The beer, chocolate, and waffles, you're probably familiar with. But don’t sleep on Belgians themselves -- they're some of Europe’s friendliest (and most under-appreciated) folk. Belgium's whole culture revolves around not taking life too seriously. Just look at Brussels. You’d expect it to be all no-nonsense and offices as the de facto EU capital. Instead the city’s a haven of wacky art and eclectic graffiti. Then there’s the Manneken Pis -- that iconic sculpture of a tiny naked boy peeing (FYI, these days he’s often dressed in costume -- Elvis, e.g., or the Pope). In Belgium’s countryside, locals are even more welcoming, always down for telling self-deprecating jokes about their country’s mishmash of language and ethnicities.

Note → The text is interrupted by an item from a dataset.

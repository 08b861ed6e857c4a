// What is promised of the whole. There is no code here: specs/ has the statements, proofs/ what shows that they hold.

#![tactic(auto)]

Belgians also love (love) making fun of the French -- which you just can’t help but appreciate. - Barbara Woolsey, Thrillist contributor
Northern Mariana Islands
How tiny is it: 179.2 square miles
Or, roughly: 2.5 Washington, DCs
Tiny fact: The chief of state is... Barack Obama. Betcha didn’t see that coming.
This archipelago of 14 islands -- Saipan, Tinian, and Rota are the most populated -- are probably the farthest most Americans can travel with just a driver’s license. Since the ‘70s these islands between the North Pacific and the Philippine Sea have been a US commonwealth, similar to Puerto Rico... just 9,000 miles due west. People born there are US citizens, speak English (an official language, along with Chamorro), and use US dollars as currency. Once you arrive, you’ll find an island paradise: vodka-clear ocean waters, white sandy beaches, and year-round tropical warmth. You’ll likely visit Saipan, which is home to the Grotto, a collapsed limestone cavern turned world-famous freediving and scuba diving destination. Or take a quick boat ride to Mañagaha, a pipsqueak islet perfect for snorkeling, swimming, parasailing, and simply relaxing on the beach. Or take the steep hike down to a local favorite on Saipan, a sapphire tidal lagoon by an outcropping called the Forbidden Island -- which is, point of fact, neither.

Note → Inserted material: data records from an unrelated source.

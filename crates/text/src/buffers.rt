// Bytes, put one behind the other into a lent buffer: one, many, and the sign of a number.
ghost use Rattle.std.specs.Prelude.{[], ◌∷◌};
ghost use Rattle.text.specs.Buffer.{Put, sign};

// Puts a byte.
pub fn put(out: &mut [u8], at: usize, byte: u8) -> usize
    ensures { Put (byte ∷ []) out.old at out.new result }
{
    if at < out.len() {
        out[at] = byte;
        at + 1
    } else {
        at
    }
}

// Puts bytes one behind the other.
pub fn put_all(out: &mut [u8], at: usize, bytes: &[u8]) -> usize
    ensures { Put bytes.now out.old at out.new result }
{
    let mut next = at;
    for &byte in bytes {
        next = put(out, next, byte);
    }
    next
}

// Puts the sign of a number below 0.
pub fn put_sign(out: &mut [u8], at: usize, v: i32) -> usize
    ensures { Put (sign v) out.old at out.new result }
{
    if v < 0 { put(out, at, b'-') } else { at }
}
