// The number of moves kept, which goes up and down by one below a ceiling where it stays.
ghost use Rattle.std.specs.Prelude.{◌≡◌, cond, suc, pred, min, ltb};

// The number of moves kept, with one more; the greatest number stays.
pub fn kept_once_more(kept: u32) -> u32
    ensures { result ≡ min (suc kept) 4294967295 }
{
    kept.saturating_add(1)
}

// The number of moves kept, with one fewer; the greatest number stays.
pub fn kept_once_less(kept: u32) -> u32
    ensures { result ≡ cond (ltb kept 4294967295) (pred kept) kept }
{
    if kept == u32::MAX {
        return kept;
    }
    kept.saturating_sub(1)
}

The cuisine is a mashup of American influence, Japanese flavors, and tropical ingredients. Thursdays are the big days to hit up the street markets and grab some salty, pickled papaya or chicken kelaguen (a local take on chicken salad), beef kelaguen (raw meat "cooked" with tons of lemon). Or hit the red rice, short ribs, and barbecue chicken. Dipping sauces for dishes like these is typically finadenne, a combination of soy sauce, vinegar, chiles, and onions. Finish with latiyas, a Chamorro custard cake dessert. -- Agnes Constante, Thrillist contributor
How small is it? 8,124 square miles
Or, roughly: New Jersey minus Ocean County
Tiny fact: The smallest country in Central America boasts the region’s largest shopping mall, the MetroCentro in San Salvador.

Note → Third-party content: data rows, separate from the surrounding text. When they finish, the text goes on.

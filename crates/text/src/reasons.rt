// Values as text, with the reasons of blanks or without.
ghost use Rattle.std.specs.Prelude.{cond, ◌≡◌};
ghost use Rattle.paper.specs.Lists.{nat};
ghost use Rattle.text.specs.Buffer.{Put};
ghost use Rattle.text.specs.Lines as Lines;

use crate::buffers::put_all;
use crate::numbers::{put_decimal, put_value};
use formulas::blanks::is_blank;

// The reason in place v of a row, 0 beyond its end.
pub fn reason_at(row: &[u8], v: usize) -> u8
    ensures { result ≡ nat row.now v }
{
    row.get(v).copied().unwrap_or(0)
}

// Puts a value, or `blank:` followed by the reason if it is blank.
fn put_reasoned(out: &mut [u8], at: usize, value: i32, reason: u8) -> usize
    ensures { Put (Lines.value_or_reason value reason) out.old at out.new result }
{
    if is_blank(value) {
        let next = put_all(out, at, b"blank:");
        return put_decimal(out, next, u64::from(reason));
    }
    put_value(out, at, value)
}

// Puts what stands in a line for a value, with reasons or without.
pub fn put_field(reasons: bool, out: &mut [u8], at: usize, value: i32, reason: u8) -> usize
    ensures { Put (cond reasons (Lines.value_or_reason value reason) (Lines.value value)) out.old at out.new result }
{
    if reasons {
        return put_reasoned(out, at, value, reason);
    }
    put_value(out, at, value)
}
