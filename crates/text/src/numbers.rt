// Numbers and values as text.
ghost use Rattle.text.specs.Buffer.{Put};
ghost use Rattle.text.specs.Lines as Lines;

use crate::buffers::{put, put_all, put_sign};
use formulas::blanks::is_blank;

// Puts the decimal digits of a number.
pub fn put_decimal(out: &mut [u8], at: usize, n: u64) -> usize
    ensures { Put (Lines.decimal n) out.old at out.new result }
{
    // Stays: rows of a fixed length, since no call allocates.
    let mut digits = [0u8; 20];
    let k = io::decimal(n, &mut digits);
    put_all(out, at, &digits[..k])
}

// Puts a value, or `-` if it is blank.
pub fn put_value(out: &mut [u8], at: usize, v: i32) -> usize
    ensures { Put (Lines.value v) out.old at out.new result }
{
    if is_blank(v) {
        return put(out, at, b'-');
    }
    let next = put_sign(out, at, v);
    put_decimal(out, next, u64::from(v.unsigned_abs()))
}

Let’s just get it outta the way now: Yeah, El Salvador has a murder problem -- its capital San Salvador is the most murderous city in the world. But the good news for you, dear traveller, is your average Salvadorian street gang has absolutely zero interest in messing with tourists. And there should be more of us going there! El Salvador is the only Central American country without a Caribbean coastline, but with oceanfront like they’ve got on the Pacific, they don’t need it. It might have the best surfing of any country on the Pacific coast, more challenging than its famous neighbor in Costa Rica, and far less crowded. San Sebastian is El Salvador’s most famous surf town, but spending a few days hopping from there to La Libertad to Tamanique is as much a cultural education as it is a trip to the ocean. Hell, even if you DON’T surf, a trip here is every bit as beautiful as California’s Pacific Coast, at a fraction the price.
But this place is magical even away from the water. A challenging hike to the top of the Santa Ana volcano will have you peering from above the clouds down into a turquoise lake in the middle of the crater. A short drive down the road from there brings you to Lago de Coatepeque, where you can enjoy a fine steak dinner at restaurants overlooking the water for about what you’d pay at TGI Friday’s. And lakeside homes are easy to rent, cheaply, and a great home base for exploring the natural side of the country. - M.M.